Stored data entries:
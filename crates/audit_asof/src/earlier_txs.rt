//! The transactions of the first entries of an image.

ghost use Rattle.std.specs.Prelude.{◌≡◌, ℕ, IfOk, map};
ghost use Rattle.spec_model.specs.Lists.{is_among};

use base_types::{Memory, TxId};
use sql_types::TxEntry;
use std::alloc::Global;
use std::marker::Model;

/// The ids of some transactions, which rise.
#[derive(Drop)]
pub(crate) struct EarlierTxs {
    ids: Vec<TxId>,
}

impl Model for EarlierTxs {
    ghost use Rattle.std.specs.Prelude.{ℕ, List};
    ghost use Rattle.std.specs.List.Sorted.{IsNonDecreasing};

    ghost Value = { List ℕ };

    ghost view = { λ t. t.ids.items };

    ghost invariant = { λ t. IsNonDecreasing t.ids.items };
}

impl EarlierTxs {
    /// The transactions of these entries. Takes the time of sorting their ids. The only error is want of memory.
    pub(crate) fn of(alloc: Global, entries: &[TxEntry]) -> Result<EarlierTxs, Memory>
        ensures { IfOk result (λ txs. (id : ℕ)
            → is_among txs id ≡ is_among (map (λ e. e.id) entries.now) id) }
    {
        let mut ids = ids_of(alloc, entries)?;
        ids.sort_unstable();
        Ok(EarlierTxs { ids })
    }

    /// Whether it is one of them. Takes an ordered search.
    pub(crate) fn has(&self, id: TxId) -> bool
        ensures { result ≡ is_among self.now id }
    {
        self.ids.binary_search(&id).is_ok()
    }
}

fn ids_of(alloc: Global, entries: &[TxEntry]) -> Result<Vec<TxId>, Memory>
    ensures { IfOk result (λ ids. ids.items ≡ map (λ e. e.id) entries.now) }
{
    let mut ids = Vec::with_capacity(alloc, entries.len())?;
    for entry in entries {
        ids.push(entry.id)?;
    }
    Ok(ids)
}
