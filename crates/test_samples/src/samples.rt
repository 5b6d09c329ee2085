//! Worked examples: what small statements do.

ghost use Rattle.std.specs.Prelude.{◌≡◌, ℕ, Option};
ghost use Rattle.std.specs.Prelude.{◌+◌, pos, negsuc, true, false, [], ◌∷◌, ◌++◌, codes, Some, None, replicate, map, Err};
ghost use Rattle.sql_value.specs.declared.value.Value.TheVariants as val;
ghost use Rattle.sql_value.specs.declared.value.Value.TheVariants.{Null, Num, Text};
ghost use Rattle.sql_value.specs.declared.column.TableKind.TheVariants.{AppendOnly, Updatable};
ghost use Rattle.sql_value.specs.declared.sql_type.SqlType.TheVariants.{Bit, Int, BigInt, NVarChar, Decimal, Date};
ghost use Rattle.sql_value.specs.declared.expr.Expr.TheVariants.{Lit};
ghost use Rattle.sql_value.specs.Conversion.{conversion_of};
ghost use Rattle.sql_value.specs.Day.{civil, number_of};
ghost use Rattle.sql_types.specs.declared.statement.Stmt.TheVariants as s;
ghost use Rattle.sql_types.specs.declared.statement.Select.{Select};
ghost use Rattle.sql_types.specs.declared.statement.Alter.TheVariants.{Add, DropColumn};
ghost use Rattle.sql_types.specs.declared.statement.RowStmt.TheVariants.{Insert, Delete, Update};
ghost use Rattle.sql_types.specs.declared.reply.Reply.TheVariants as r;
ghost use Rattle.sql_value.specs.declared.refusal.Refusal.TheVariants.{NameConflict, NoSuchColumn, NullNotAllowed, DuplicateKey, NumberOutOfRange, ReadOnlyTable, KeyNotUpdatable, LimitExceeded, ValueCountMismatch};
ghost use Rattle.sql_types.specs.declared.statement.SelectList.TheVariants.{All, Columns, Aggs};
ghost use Rattle.sql_types.specs.declared.statement.Agg.TheVariants.{Count, Sum};
ghost use Rattle.sql_types.specs.declared.lock.Mode.TheVariants.{S, X};
ghost use Rattle.spec_model.specs.Locks.{catalog_request, cell_requests, clash, of_key, whole};
ghost use Rattle.sql_types.specs.declared.lock.Mode.TheVariants.{IX};
ghost use Rattle.spec_model.specs.Catalog.{defs_of};
ghost use Rattle.spec_model.specs.Where.{key_fixed};
ghost use Rattle.spec_model.specs.SystemTables.{first_tables};
ghost use Rattle.spec_model.specs.Effect.{effect, query_rows};
ghost use Rattle.spec_model.specs.Checks.{row_statement_check};
ghost use Rattle.sql_types.specs.declared.table.Part.TheVariants.{Base};
ghost use Rattle.sql_value.specs.declared.expr.Expr.TheVariants.{Col};
ghost use Rattle.sql_value.specs.declared.expr.Op.TheVariants as op;
ghost use Rattle.std.specs.Prelude.{Ok};
ghost use Rattle.spec_model.specs.Replies.{reply_lines};
ghost use Rattle.sql_types.specs.declared.event.Event.{Event};
ghost use Rattle.spec_model.specs.Events.{all_events};
ghost use Rattle.sql_value.specs.declared.refusal.ValueErr.TheVariants.{Mismatch};
ghost use Rattle.spec_model.specs.Script.{script};
ghost use Rattle.spec_model.specs.Journals.{IsLegal};
ghost use Rattle.test_samples.specs.Samples.{pair_def, pairs, in_journal, journal, wide_def, wide_tables, wide, nines, wide_select, column, create, create_t, add_to_t, drop_of_t, insert, all_of, num, answers, version, key_column, def_t, with_t, update_t, id_is, listed, create_x, select, four, answer, index_on, made_tables, delete_1, create_balance, def_balance, of_nick, balance, set_100, select_5, read_in, texts, in_script, by_themselves, each_alone, nested, one_or_other, update_5};
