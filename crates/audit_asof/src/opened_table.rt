//! A table that is only read, with the order of its live rows by key.

ghost use Rattle.std.specs.Prelude.{◌≡◌, IfOk};
ghost use Rattle.spec_model.specs.Keys.{live_by_key};
ghost use Rattle.audit_asof.specs.KeyOrder.{ArePlacesOf};

use crate::by_key::{key_order, places_of_key, versions_at};
use base_types::{Items, Memory};
use sql_parts::{KeyedTable, LiveVersions, key_places};
use sql_types::{Key, Row, Table, TableDef, Version};
use std::alloc::Global;
use std::marker::Model;

/// A table with the order of its live rows by key. Contracts see the table.
#[derive(Drop)]
pub(crate) struct OpenedTable {
    table: Table,
    // The places of the key's columns.
    key: Vec<usize>,
    // The places of the live rows among the versions, by key.
    by_key: Vec<usize>,
}

impl Model for OpenedTable {
    ghost use Rattle.std.specs.Prelude.{◌≡◌};
    ghost use Rattle.sql_types.specs.declared.version.Table.{Table};
    ghost use Rattle.spec_model.specs.Keys.{key_places};
    ghost use Rattle.audit_asof.specs.KeyOrder.{key_order};

    ghost Value = { Table };

    ghost view = { λ t. t.table };

    ghost invariant = { λ t. (t.key.items ≡ key_places t.table.def.columns)
        × (t.by_key.items ≡ key_order t.key.items t.table.versions) };
}

impl OpenedTable {
    /// The table, whose rows are moved. Takes the time of sorting the live ones. The only error is want of memory.
    pub(crate) fn new(alloc: Global, table: Table) -> Result<OpenedTable, Memory>
        ensures { IfOk result (λ opened. opened ≡ table) }
    {
        let key = key_places(alloc, table.def.columns.as_slice())?;
        let by_key = key_order(alloc, &key, table.versions.as_slice())?;
        Ok(OpenedTable { table, key, by_key })
    }

    pub(crate) fn def(&self) -> &TableDef
        ensures { result.now ≡ self.now.def }
    {
        &self.table.def
    }

    /// The definition with the places of the key's columns.
    pub(crate) fn keyed(&self) -> KeyedTable
        ensures { result ≡ self.now.def }
    {
        KeyedTable::new(&self.table.def, &self.key)
    }

    fn versions(&self) -> &[Version]
        ensures { result.now ≡ self.now.versions }
    {
        self.table.versions.as_slice()
    }

    /// The places of the live rows in key order: those of one key, or all.
    fn live_places(&self, key: &Option<Key>) -> &[usize]
        ensures { ArePlacesOf self.now.versions result.now
            (live_by_key self.now.def.columns key.now self.now.versions) }
    {
        match key {
            Some(key) => places_of_key(
                &self.key,
                self.table.versions.as_slice(),
                &self.by_key,
                key.as_slice(),
            ),
            None => &self.by_key,
        }
    }
}

/// Finds a key by halving, and has all live rows in key order.
impl LiveVersions for OpenedTable {
    ghost versions = { λ t. t.versions };

    ghost are_of = { λ t table. table ≡ t.def };

    fn all(&self) -> &[Version] {
        self.versions()
    }

    // No SELECT asks this, so it is no search.
    fn has_key_of(&self, table: &KeyedTable, row: &Row) -> bool {
        self.versions().has_key_of(table, row)
    }

    fn in_key_order(
        &self,
        alloc: Global,
        table: &KeyedTable,
        key: &Option<Key>,
    ) -> Result<Vec<&Version>, Memory> {
        versions_at(alloc, self.versions(), self.live_places(key))
    }
}

/// The tables, each with its order. Their rows are moved.
pub(crate) fn open_tables(alloc: Global, tables: Items<Table>) -> Result<Vec<OpenedTable>, Memory>
    ensures { IfOk result (λ opened. opened.items ≡ tables) }
{
    let mut opened = Vec::with_capacity(alloc, tables.len())?;
    for table in tables.into_vec() {
        opened.push(OpenedTable::new(alloc, table)?)?;
    }
    Ok(opened)
}
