#[tactic(auto, unfolding(crate::specs::Commands::meaning_of))]
fn receipt_of<'a>(matches: &ArgMatches<'a>) -> Option<Command<'a>>
    ensures { option_map command_view result
        ≡ spec.meaning_of Subcommand.Receipt (first_value (found_of matches.now)) }
{
    let image = file_name(matches.get_str("IMAGE")?)?;
    let digests = file_name(matches.get_str("DIGESTS")?)?;
    let tx = number_in(1, MAX_TX, matches.get_str("TX")?)?;
    let part = part_of(matches)?;
    let save = save_name(matches.get_str("save")?)?;
    Some(Command::Receipt {
        image,
        digests,
        tx,
        part,
        save,
    })
}

#[tactic(auto, unfolding(crate::specs::Commands::meaning_of))]
fn join_of<'a>(matches: &ArgMatches<'a>) -> Option<Command<'a>>
    ensures { option_map command_view result
        ≡ spec.meaning_of Subcommand.Join (first_value (found_of matches.now)) }
{
    let image = file_name(matches.get_str("IMAGE")?)?;
    let digests = file_name(matches.get_str("DIGESTS")?)?;
    let save = save_name(matches.get_str("save")?)?;
    Some(Command::Join {
        image,
        digests,
        save,
    })
}

#[tactic(auto, unfolding(crate::specs::Commands::meaning_of))]
fn check_of<'a>(matches: &ArgMatches<'a>) -> Option<Command<'a>>
    ensures { option_map command_view result
        ≡ spec.meaning_of Subcommand.Check (first_value (found_of matches.now)) }
{
    let receipt = file_name(matches.get_str("RECEIPT")?)?;
    let digests = file_name(matches.get_str("DIGESTS")?)?;
    Some(Command::Check { receipt, digests })
}

#[tactic(auto, unfolding(crate::specs::Commands::meaning_of))]
fn as_of<'a>(matches: &ArgMatches<'a>) -> Option<Command<'a>>
    ensures { option_map command_view result
        ≡ spec.meaning_of Subcommand.AsOf (first_value (found_of matches.now)) }
{
    let image = file_name(matches.get_str("IMAGE")?)?;
    let n = number_in(0, MAX_TX, matches.get_str("N")?)?;
    let digests = file_name_if_given(matches.get_str("digests"))?;
    Some(Command::AsOf { image, n, digests })
}
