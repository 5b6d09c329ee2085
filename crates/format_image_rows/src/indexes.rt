//! The rows of an index.

ghost use Rattle.std.specs.Prelude.{◌≡◌, ◌++◌, suc, IfOk, OnOk, map};
ghost use Rattle.format_image.specs.Rows as spec;

use crate::stored::{copy_at, copy_in, sort_stored};
use base_types::{Items, Memory};
use sql_parts::KeyedTable;
use sql_types::{IndexDef, IndexRow, TypedValue, Version};
use std::alloc::Global;

/// The rows of an index over these versions of its table, sorted: of each version the values of the index's
/// columns, and then those of the key's. It copies these values.
#[tactic(auto, unfolding(format_image::specs::Rows::index_rows))]
pub(crate) fn index_rows(
    alloc: Global,
    table: &KeyedTable,
    base: &[Version],
    index: &IndexDef,
) -> Result<Items<IndexRow>, Memory>
    ensures { IfOk result (λ rows. rows ≡ spec.index_rows table.now base.now index.now) }
{
    let mut rows = Vec::with_capacity(alloc, base.len())?;
    for version in base {
        rows.push(index_row(alloc, table, index, version)?)?;
    }
    sort_stored(&mut rows)?;
    Ok(Items::from_vec(rows))
}

/// The row of an index for a version: the values of the index's columns, and then those of the key's.
#[tactic(auto, unfolding(format_image::specs::Rows::index_ordinals), using(crate::proofs::Joined::joined))]
fn index_row(
    alloc: Global,
    table: &KeyedTable,
    index: &IndexDef,
    version: &Version,
) -> Result<IndexRow, Memory>
    ensures { IfOk result (λ row. row ≡ spec.index_row table.now index.now version.now) }
{
    let mut row = Vec::with_capacity(alloc, index.ordinals.len())?;
    add_columns(version, index.ordinals.as_slice(), &mut row)?;
    add_places(version, table.key(), &mut row)?;
    Ok(Items::from_vec(row))
}

/// Adds copies of the values of the columns with these ordinals.
fn add_columns(
    version: &Version,
    ordinals: &[u16],
    row: &mut Vec<Option<TypedValue>>,
) -> Result<(), Memory>
    ensures { OnOk result
        (row.new.items ≡ row.old.items ++ map (spec.stored_at version.now.values) ordinals.now) }
{
    for ordinal in ordinals {
        row.push(copy_at(version.values.as_slice(), *ordinal)?)?;
    }
    Ok(())
}

/// Adds copies of the values at these places.
fn add_places(
    version: &Version,
    places: &[usize],
    row: &mut Vec<Option<TypedValue>>,
) -> Result<(), Memory>
    ensures { OnOk result (row.new.items
        ≡ row.old.items ++ map (λ place. spec.stored_at version.now.values (suc place)) places.now) }
{
    for place in places {
        row.push(copy_in(version.values.as_slice(), *place)?)?;
    }
    Ok(())
}
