//! Rows of the system's tables that count, and what they say.

ghost use Rattle.std.specs.Prelude.{◌≡◌, if◌then◌else◌, ℤ, IfOk};
ghost use Rattle.std.specs.Ordering.{int_eq};
ghost use Rattle.spec_model.specs.Keys.{value_at};
ghost use Rattle.spec_model.specs.Rows.{values_of, value_or_null};
ghost use Rattle.law_catalog_rows.specs.Latest as latest;
ghost use Rattle.audit_definitions.specs.DefinitionRows.{row_seen, rows_seen};
ghost use Rattle.spec_asof.specs.DefTold as spec;

use audit_definitions::{is_past, number_at};
use base_types::{Memory, Name};
use sql_types::{TypedValue, Version};
use sql_value::Value;
use std::alloc::Global;

/// Of the rows about this thing the one with the greatest change, and of several the first. The number at the place
/// says what a row is about, and the number behind it is its change.
pub(crate) fn last_row<'a>(rows: &[&'a Version], place: u8, thing: i128) -> Option<&'a Version>
    ensures { row_seen result ≡ spec.last_row place thing (rows_seen rows.now) }
{
    let mut last: Option<&'a Version> = None;
    for row in rows {
        if is_about(place, thing, *row) {
            last = later_row(place, last, *row);
        }
    }
    last
}

fn is_about(place: u8, thing: i128, row: &Version) -> bool
    ensures { result ≡ int_eq (latest.number_at place (values_of row.now)) thing }
{
    number_at(row, usize::from(place)) == thing
}

fn later_row<'a>(place: u8, last: Option<&'a Version>, row: &'a Version) -> Option<&'a Version>
    ensures { row_seen result ≡ spec.later_row place (row_seen last.entry) (values_of row.now) }
{
    match last {
        Some(last) if !is_past(place, row, last) => Some(last),
        _ => Some(row),
    }
}

/// The text at this place of the row; it is empty where none stands.
pub(crate) fn text_at(alloc: Global, row: &Version, place: usize) -> Result<Name, Memory>
    ensures { IfOk result (λ text. text ≡ spec.text_at place (values_of row.now)) }
{
    match row.values.as_slice().get(place) {
        Some(stored) => text_in(alloc, stored),
        None => Name::of_str(alloc, ""),
    }
}

fn text_in(alloc: Global, stored: &Option<TypedValue>) -> Result<Name, Memory>
    ensures { IfOk result (λ text. text ≡ spec.text_in (value_or_null stored.now)) }
{
    match stored {
        Some(typed) => text_of(alloc, &typed.value),
        None => Name::of_str(alloc, ""),
    }
}

fn text_of(alloc: Global, value: &Value) -> Result<Name, Memory>
    ensures { IfOk result (λ text. text ≡ spec.text_in value.now) }
{
    match value {
        Value::Text(text) => Name::of_str(alloc, text.as_str()),
        Value::Null | Value::Num { .. } | Value::Bytes(_) | Value::Date(_) => Name::of_str(
            alloc, "",
        ),
    }
}
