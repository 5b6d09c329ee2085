//! The least of some starts and ends.

ghost use Rattle.std.specs.Prelude.{◌≡◌};
ghost use Rattle.law_catalog_rows.specs.Least.{lesser};
ghost use Rattle.spec_verify.specs.Entries.{table_event_cmp, event_place};

use base_types::TableId;
use spec_verify::Place;
use sql_types::EventId;
use std::cmp::Ordering;

/// A table, and a start or an end of a version there.
pub type TableEvent = (TableId, EventId);

/// The lesser of the least so far and another: by the table, then by the transaction, then by the number.
pub(crate) fn lesser(best: Option<TableEvent>, event: TableEvent) -> Option<TableEvent>
    ensures { result ≡ lesser table_event_cmp best event }
{
    match best {
        Some(known) if known.cmp(&event) != Ordering::Greater => Some(known),
        _ => Some(event),
    }
}

pub(crate) fn event_place(event: Option<TableEvent>) -> Option<Place>
    ensures { result ≡ event_place event }
{
    match event {
        Some((table, EventId { tx, seq })) => Some(Place::Event { table, tx, seq }),
        None => None,
    }
}
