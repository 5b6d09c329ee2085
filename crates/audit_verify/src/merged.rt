//! How what two groups of tables find merges.

ghost use Rattle.std.specs.Prelude.{◌≡◌};
ghost use Rattle.std.specs.Ordering.{nat_cmp};
ghost use Rattle.spec_model.specs.Lists.{or_else};
ghost use Rattle.law_catalog_rows.specs.Least.{lesser_of};
ghost use Rattle.spec_verify.specs.Entries.{table_event_cmp};
ghost use Rattle.spec_verify.specs.Groups.{found_cmp};
ghost use Rattle.audit_verify.specs.Groups as spec;

use crate::groups::GroupFaults;
use crate::least::{TableEvent, event_place, lesser};
use audit_roots::lesser_root;
use spec_verify::Place;
use sql_types::EventId;

/// What two groups find together, of which the first has the tables that come first.
pub(crate) fn both(first: GroupFaults, second: GroupFaults) -> GroupFaults
    ensures root { result.root ≡ lesser_of (found_cmp nat_cmp) first.root second.root }
    ensures version { result.version ≡ spec.lesser_version first.version second.version }
    ensures index { result.index ≡ spec.if_none result.version (or_else first.index second.index) }
{
    let version = lesser_version(first.version, second.version);
    let index = match version {
        Some(_) => None,
        None => first_of_two(first.index, second.index),
    };
    GroupFaults {
        root: lesser_root(first.root, second.root),
        version,
        index,
    }
}

/// The first of two places, where there is one.
pub(crate) fn first_of_two(first: Option<Place>, second: Option<Place>) -> Option<Place>
    ensures { result ≡ or_else first second }
{
    match first {
        Some(place) => Some(place),
        None => second,
    }
}

fn lesser_version(a: Option<Place>, b: Option<Place>) -> Option<Place>
    ensures { result ≡ spec.lesser_version a b }
{
    event_place(lesser_event(event_at(a), event_at(b)))
}

/// The event that a place names, if it names one.
fn event_at(place: Option<Place>) -> Option<TableEvent>
    ensures { result ≡ spec.event_at place }
{
    match place {
        Some(Place::Event { table, tx, seq }) => Some((table, EventId { tx, seq })),
        _ => None,
    }
}

fn lesser_event(a: Option<TableEvent>, b: Option<TableEvent>) -> Option<TableEvent>
    ensures { result ≡ lesser_of table_event_cmp a b }
{
    match b {
        Some(event) => lesser(a, event),
        None => a,
    }
}
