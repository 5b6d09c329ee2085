//! What a program has in memory has room in an image's bytes: its numbers and lengths fit, and its texts are
//! UTF-8.

ghost use Rattle.std.specs.Prelude.{◌<◌, ◌^◌, IfSome};
ghost use Rattle.std.specs.List.{AllByRecursion};
ghost use Rattle.law_image.specs.Room.{VersionFitsFormat, TableFitsFormat};

use law_events::are_utf8_texts;
use sql_types::{EventId, Table, Version};

/// Does nothing: it is there for its contract.
fn end_has_room(end: Option<EventId>)
    ensures { IfSome end (λ e. e.1 < 2 ^ 64) }
{}

/// Does nothing: it is there for its contract.
fn version_has_room(version: &Version)
    ensures { VersionFitsFormat version.now }
{
    let _number = version.start.seq;
    end_has_room(version.end);
    are_utf8_texts(version.values.as_slice());
}

/// Does nothing: it is there for its contract.
fn versions_have_room(versions: &[Version])
    ensures { AllByRecursion VersionFitsFormat versions.now }
{
    for version in versions {
        version_has_room(version);
    }
}

/// Does nothing: it is there for its contract.
fn table_has_room(table: &Table)
    ensures { TableFitsFormat table.now }
{
    let _count = table.versions.len();
    versions_have_room(table.versions.as_slice());
}

/// Each of the tables has room in an image. Does nothing: it is there for its contract.
pub fn tables_have_room(tables: &[Table])
    ensures { AllByRecursion TableFitsFormat tables.now }
{
    for table in tables {
        table_has_room(table);
    }
}
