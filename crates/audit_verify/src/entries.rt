//! The entries of an image, found by their ids.

ghost use Rattle.std.specs.Prelude.{◌≡◌, ◌==◌, ℕ, IfOk, OnOk, take};
ghost use Rattle.std.specs.List.{filter};
ghost use Rattle.std.specs.List.Sorted.{IsNonDecreasingBy};
ghost use Rattle.spec_verify.specs.Entries.{has_id};
ghost use Rattle.audit_verify.specs.Entries.{AreFound, first_with, ids_from, place_at_head};

use base_types::{Memory, TxId};
use sql_types::TxEntry;
use std::alloc::Global;

/// Entries, in ledger order, that are found by their ids.
#[derive(Debug, Drop)]
pub struct Entries<'a> {
    pub all: &'a [TxEntry],
    /// Their ids, each with the place of the entry: by id, and of one id by place.
    pub by_id: Vec<(TxId, usize)>,
}

impl<'a> Entries<'a> {
    /// Takes the time of sorting the ids. The only error is want of memory.
    pub fn new(alloc: Global, all: &'a [TxEntry]) -> Result<Self, Memory>
        ensures found { IfOk result (λ entries. AreFound entries) }
        ensures all { IfOk result (λ entries. entries.all.now ≡ all.now) }
    {
        let mut by_id = ids_of(alloc, all)?;
        sort_by_id(&mut by_id)?;
        Ok(Entries { all, by_id })
    }

    /// The place of the first entry with this id, if one has it. Takes an ordered search.
    pub fn position(&self, id: TxId) -> Option<usize>
        requires { AreFound self.now }
        ensures { result ≡ first_with self.now.all.now id }
    {
        let ids = self.by_id.as_slice();
        let from = ids.partition_point(|entry| entry.0 < id);
        let (_, rest) = ids.split_at(from);
        place_at_head(rest, id)
    }

    /// Whether one has this id.
    pub fn has(&self, id: TxId) -> bool
        requires { AreFound self.now }
        ensures { result ≡ has_id self.now.all.now id }
    {
        self.position(id).is_some()
    }

    /// Whether one before place k has this id.
    pub fn has_before(&self, k: usize, id: TxId) -> bool
        requires { AreFound self.now }
        ensures { result ≡ has_id (take k self.now.all.now) id }
    {
        match self.position(id) {
            Some(first) => first < k,
            None => false,
        }
    }
}

fn ids_of(alloc: Global, entries: &[TxEntry]) -> Result<Vec<(TxId, usize)>, Memory>
    ensures { IfOk result (λ ids. ids.items ≡ ids_from 0 entries.now) }
{
    let mut ids = Vec::with_capacity(alloc, entries.len())?;
    for (k, entry) in entries.iter().enumerate() {
        ids.push((entry.id, k))?;
    }
    Ok(ids)
}

fn sort_by_id(ids: &mut Vec<(TxId, usize)>) -> Result<(), Memory>
    ensures rise { OnOk result (IsNonDecreasingBy (λ p. p.0) ids.new.items) }
    ensures same { OnOk result ((id : ℕ)
        → filter (λ p. p.0 == id) ids.new.items ≡ filter (λ p. p.0 == id) ids.old.items) }
{
    ids.sort_by_key(|entry| entry.0)?;
    Ok(())
}

fn place_at_head(ids: &[(TxId, usize)], id: TxId) -> Option<usize>
    ensures { result ≡ place_at_head id ids.now }
{
    match ids {
        [first, ..] if first.0 == id => Some(first.1),
        _ => None,
    }
}
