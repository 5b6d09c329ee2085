//! The verifier: what is said of the bytes of an image with the digests that an auditor holds.
#![tactic(auto)]

mod blocks;
mod entries;
mod groups;
mod ids;
mod indexes;
mod least;
mod merged;
mod order;
mod verdict;
mod versions;
mod workers;

pub use groups::{GroupFaults, group_faults};
pub use spec_verify::{Invariant, Place, Verdict};
pub use verdict::verify_image;
pub use workers::{verify, verify_image_with_workers};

■ Problem to work on:
What is the number of lines in the records that contain "error"? Answer with it alone.

■ Reply:
3